Suppose $M$ is a reversible Markov chain with respect to $\pi$, on the finite set $X$. Note, operator M defined by $Mg(x)=\sum_y M(x,y)g(y)$, where $g$ is a real-valued function. Show that if M is not periodic, then $-1$ is not an eigenvalue of M.
Proof: All we have to show is that $-1$ is not an eigenvalue of $M$. We do this by contradiction. Note that the definition of $M$ being aperiodic means for every $x,y \in X$ that $gcd(\{n: M^{n}(x,y)>0\})=1$
Now, suppose by contradiction that $f$ is an eigenvector of $M$ with eigenvalue $-1$. Thus $Mf=-f$. Choose $x^*$ satisfying $|f(x^{*})| \geq |f(y)|$ for all $y\in X$. We have then that $f(x^{*})=-Mf(x^{*})=-\sum_y M(x^{*},y)f(y)$. This implies that $f(y)=-f(x^{*})$ for all $y$ with $M(x^{*},y)>0$. Thus all values of $f$ one step from $x^{*}$ are equal to $-f(x^{*})$.
So apparently, all of the steps are correct and do not need further justification. However, apparently I am missing a step now to finish the proof and show that the period of the state $x^{*}$ is greater than 1. Specifically, I need to show that the period of $x^{*}$ is even. That is, I need to show that the $gcd(\{n:M^{n}(x^{*},x^{*})>0\})=2k$ for some positive integer $k$ (period is even). Thus, I am just not sure how to complete the proof. How does $f(y)=-f(x^{*})$ for all $y$ with $M(x^{*},y)>0$ imply that the period of $x^{*}$ is even, $gcd(\{n:M^{n}(x^{*},x^{*})>0\})=2k$ for some positive integer $k$? (really, I just have to prove the period is $\geq 2$, so that it is not aperiodic). Any help to help finish this last step to complete the proof would be much appreciated! Thank you!

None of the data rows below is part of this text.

//! A run of limited length.
use asm_check::Checked;
use asm_reader::Picks;

/// The run of a specification under a script, of at most `steps` steps.
#[derive(Clone, Copy)]
pub struct LimitedRun<'r, P: Picks> {
    pub checked: &'r Checked,
    pub turns: u32,
    pub script: &'r P,
    pub steps: u32,
}
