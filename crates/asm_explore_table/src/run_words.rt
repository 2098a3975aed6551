//! What is said of a run beside its rows.

/// What is said of a run beside its rows.
#[derive(Clone, Copy, Debug)]
pub struct RunWords<'t> {
    /// The name of the specification's file; `-` is standard input.
    pub name: &'t str,
    /// How it ends, in a line.
    pub end: &'t [u8],
    /// If a condition isn't true, why: a line behind the first.
    pub because: &'t [Vec<u8>],
    /// A call of `asm` that makes it.
    pub command: &'t [u8],
    /// The assignments by which it ends.
    pub assignments: &'t [Vec<u8>],
    /// The lines of its script that name no choice of it.
    pub unmet: &'t [Vec<u8>],
    /// Whether it ends by a fault.
    pub is_fault: bool,
}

A quick observation: since $f$ is an eigenvector (by definition non-zero), we must have $f(x^*) \neq 0$.
I'll now extend your argument a bit: for any integer $k \geq 1$, we have $$ f(x^*) = (-1)^k M^k f(x^*) = (-1)^k\sum_{y}M^k(x^*,y) f(y) $$ so we must have $f(y) = (-1)^k f(x^*)$ for all $y$ such that there is a walk of length $k$ from $x^*$ to $y$ of non-zero probability.
Now, suppose (for the purpose of contradiction) that $x^*$ does not have an even period. That is, we suppose that for some odd number $2n+1$, we have $M^{2n+1}(x^*,x^*) > 0$. So, there exists an odd cycle at $x^*$ with non-zero probability: that is, there is a sequence $ x_0,x_1,\dots,x_{2n},x_{2n+1}$ with $x_0=x_{2n+1} = x^*$ such that $M(x_i,x_{i+1}) > 0$ for $i = 0,1,\dots,2n$.
Consider $x_1$. Since $M(x^*,x_1) > 0$, we must have $f(x_1) = -f(x^*)$. On the other hand, the existence of our cycle means that $$ M^{2n}(x_1,x^*) \geq M(x_1,x_2) M(x_2,x_3) \cdots M(x_{2n},x^*)> 0 $$ which is to say that $M^{2n}(x_1,x^*) > 0$. The fact that $M$ is reversible means that $M^{2n}(x^*,x_1) > 0$. By the earlier argument, this means that $f(x_1) = (-1)^{2n}f(x^*) = f(x^*)$. That is, we have concluded that $$ f(x_1) = f(x^*) = -f(x^*) $$ which is impossible since $f(x^*)$ is non-zero. The conclusion follows.